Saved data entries
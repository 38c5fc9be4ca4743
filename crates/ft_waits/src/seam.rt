//! A text and the text after it, which was read apart.

ghost use Rattle.std.specs.Prelude.{◌≡◌, ◌≢◌, ◌+◌, ◌<◌, ◌≤◌, true, false, ℕ, List, Some, None, Err, option_map, length, OnOk, OnErr, IfErr};
ghost use Rattle.ft_waits.specs.Joining.{CanJoin, CannotJoin, JoinsTexts};
ghost use Rattle.ft_waits.specs.inner.Lines.{bad_behind, lines_with, JoinsReadings};

use crate::fault::{BadLine, LinesRead, WaitsFault};
use crate::reading::Reading;
use crate::stream::Waits;
use ft_dispatch::Dispatch;
use std::alloc::AllocError;
use std::{error, fmt};

/// Why a part can't be joined.
#[derive(Clone, Copy, Debug, PartialEq, Eq)]
pub enum JoinFault {
    /// One of the two failed.
    Failed,
    /// The text before the part doesn't end with a line break.
    Unended,
    /// The two were read with different options.
    Differs,
    /// One of the two sums up its tasks and CPUs.
    Summed,
    /// Together they have more than 4,294,967,295 lines.
    TooLong,
    /// The part's first event doesn't come after the last stamp before it.
    Overlaps,
    /// A CPU lost events at the seam.
    Torn,
    /// Out of memory.
    Memory,
}

impl JoinFault {
    /// What is wrong, in words.
    fn text(self) -> &'static str {
        match self {
            JoinFault::Failed => "one of the parts was refused",
            JoinFault::Unended => "the part starts in the middle of a line",
            JoinFault::Differs => "the parts were read with different options",
            JoinFault::Summed => "parts with sums can't be joined",
            JoinFault::TooLong => "more than 4294967295 lines",
            JoinFault::Overlaps =>
                "the part starts in the microsecond of the last event, or before it",
            JoinFault::Torn => "a CPU lost events where the part starts",
            JoinFault::Memory => "out of memory",
        }
    }
}

impl fmt::Display for JoinFault {
    fn fmt<W: fmt::Write>(&self, f: &mut fmt::Formatter<W>) -> fmt::Result {
        f.write_str(self.text())
    }
}

impl error::Error for JoinFault {}

/// A line of a part that can't be read, behind so many lines.
fn bad_behind(lines: u64, bad: Option<BadLine>) -> Option<BadLine>
    ensures { result ≡ option_map (bad_behind lines) bad }
{
    match bad {
        Some(bad) => Some(BadLine {
            line: bad.line.saturating_add(lines),
            fault: bad.fault,
        }),
        None => None,
    }
}

/// The lines of both.
fn lines_with(before: LinesRead, part: LinesRead) -> LinesRead
    ensures { result ≡ lines_with before part }
{
    LinesRead {
        lines: before.lines.saturating_add(part.lines),
        bad: before.bad.saturating_add(part.bad),
        first: before.first.or(bad_behind(before.lines, part.first)),
    }
}

impl Reading {
    /// Joins what was read of a part. Fails only for memory.
    fn join(
        &mut self,
        part: Reading,
        out: &mut Vec<Dispatch>,
        ones: &mut [Dispatch],
    ) -> Result<(), AllocError>
        requires { length self.old.state.left_out.items ≡ length part.state.left_out.items }
        ensures { OnOk result (JoinsReadings self.old part out.old.items ones.old self.new out.new.items ones.new) }
    {
        let Reading {
            read,
            losses,
            state,
            ..
        } = part;
        self.losses.join(losses, self.read.lines)?;
        self.state.join(state, out, ones)?;
        self.read = lines_with(self.read, read);
        Ok(())
    }

    /// Whether the events of a part come after the last stamp so far.
    fn is_before(&self, part: &Reading) -> bool
        ensures yes { result ≡ true → (first : ℕ) → part.now.state.first ≡ Some first → self.now.state.latest < first }
        ensures no { result ≡ false → ((first : ℕ) → part.now.state.first ≡ Some first → self.now.state.latest < first) → ⊥ }
    {
        match part.state.first {
            Some(first) => self.state.latest < first,
            None => true,
        }
    }

    /// Whether the lines of a part have numbers behind those so far.
    fn has_room(&self, part: &Reading) -> bool
        ensures yes { result ≡ true → part.now.read.lines + self.now.read.lines ≤ 4294967295 }
        ensures no { result ≡ false → 4294967295 < part.now.read.lines + self.now.read.lines }
    {
        self.read.lines <= 4_294_967_295 && part.read.lines <= 4_294_967_295 - self.read.lines
    }

    /// Whether a part is read in the same way, as far as that can be seen.
    fn is_like(&self, part: &Reading) -> bool
        ensures yes { result ≡ true → (self.now.bad_lines ≡ part.now.bad_lines)
            × (length self.now.state.left_out.items ≡ length part.now.state.left_out.items) }
        ensures no { result ≡ false → self.now.bad_lines ≡ part.now.bad_lines
            → length self.now.state.left_out.items ≡ length part.now.state.left_out.items → ⊥ }
    {
        if self.bad_lines != part.bad_lines {
            return false;
        }
        self.state.left_out.len() == part.state.left_out.len()
    }
}

impl Waits {
    /// Whether a part can be joined, or why not: each reason for which `join` is refused, except
    /// memory.
    pub fn meets(&self, part: &Waits) -> Result<(), JoinFault>
        ensures ok { OnOk result (CanJoin self.now part.now) }
        ensures err { IfErr result (λ fault. CannotJoin fault self.now part.now) }
    {
        if self.failed.is_some() {
            return Err(JoinFault::Failed);
        }
        if part.failed.is_some() {
            return Err(JoinFault::Failed);
        }
        if !self.unended.is_empty() {
            return Err(JoinFault::Unended);
        }
        if !self.reading.is_like(&part.reading) {
            return Err(JoinFault::Differs);
        }
        if self.reading.state.sums.is_some() {
            return Err(JoinFault::Summed);
        }
        if part.reading.state.sums.is_some() {
            return Err(JoinFault::Summed);
        }
        if !self.reading.has_room(&part.reading) {
            return Err(JoinFault::TooLong);
        }
        if !self.reading.is_before(&part.reading) {
            return Err(JoinFault::Overlaps);
        }
        if self.reading.losses.is_open() {
            return Err(JoinFault::Torn);
        }
        Ok(())
    }

    /// Joins a part that can be joined (`meets`), as `join` does. Fails only if memory runs out:
    /// the stream has failed then.
    pub fn join_met(
        &mut self,
        part: Waits,
        out: &mut Vec<Dispatch>,
        ones: &mut [Dispatch],
    ) -> Result<(), AllocError>
        requires { CanJoin self.old part }
        ensures joins { OnOk result (JoinsTexts self.old part out.old.items ones.old self.new out.new.items ones.new) }
        ensures well { OnOk result (self.new.failed ≡ None) }
        ensures memory { OnErr result (self.new.failed ≡ Some WaitsFault.Memory) }
    {
        let Waits {
            reading,
            unended,
            ..
        } = part;
        match self.reading.join(reading, out, ones) {
            Ok(()) => {
                self.unended = unended;
                Ok(())
            }
            Err(refused) => {
                self.failed = Some(WaitsFault::Memory);
                Err(refused)
            }
        }
    }

    /// Joins a part, as if its text had followed: `self` has read a text that ends with a line break, and
    /// `part` the text after it, from its own start. `ones` are dispatches that the part told, the first
    /// one of each task at least. Adds the dispatches of the last microsecond before the seam, and moves
    /// and completes `ones`; of the part's other dispatches only the places move. Both texts are to be
    /// read with the same choice.
    ///
    /// Refused, with all as before: if one of the two failed, the text before the part ends within
    /// a line, the two don't skip the same lines or don't leave out the same number of kinds of
    /// events, one of the two sums up its tasks and CPUs, they have more than 4,294,967,295 lines
    /// together, the part's first event is not after the last stamp before it, or a CPU lost events
    /// at the seam. If memory runs out, the stream has failed.
    pub fn join(
        &mut self,
        part: Waits,
        out: &mut Vec<Dispatch>,
        ones: &mut [Dispatch],
    ) -> Result<(), JoinFault>
        ensures meets { OnOk result (CanJoin self.old part) }
        ensures joins { OnOk result (JoinsTexts self.old part out.old.items ones.old self.new out.new.items ones.new) }
        ensures refused { IfErr result (λ fault. fault ≢ JoinFault.Memory → CannotJoin fault self.old part
            × (self.new ≡ self.old) × (out.new.items ≡ out.old.items) × (ones.new ≡ ones.old)) }
        ensures memory { result ≡ Err JoinFault.Memory → self.new.failed ≡ Some WaitsFault.Memory }
    {
        self.meets(&part)?;
        match self.join_met(part, out, ones) {
            Ok(()) => Ok(()),
            Err(_) => Err(JoinFault::Memory),
        }
    }
}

**THE PROBLEM**
Lines in the data above may contain the word "JoinsReadings"; count them and give only the number.

**REPLY TO THE TASK**
2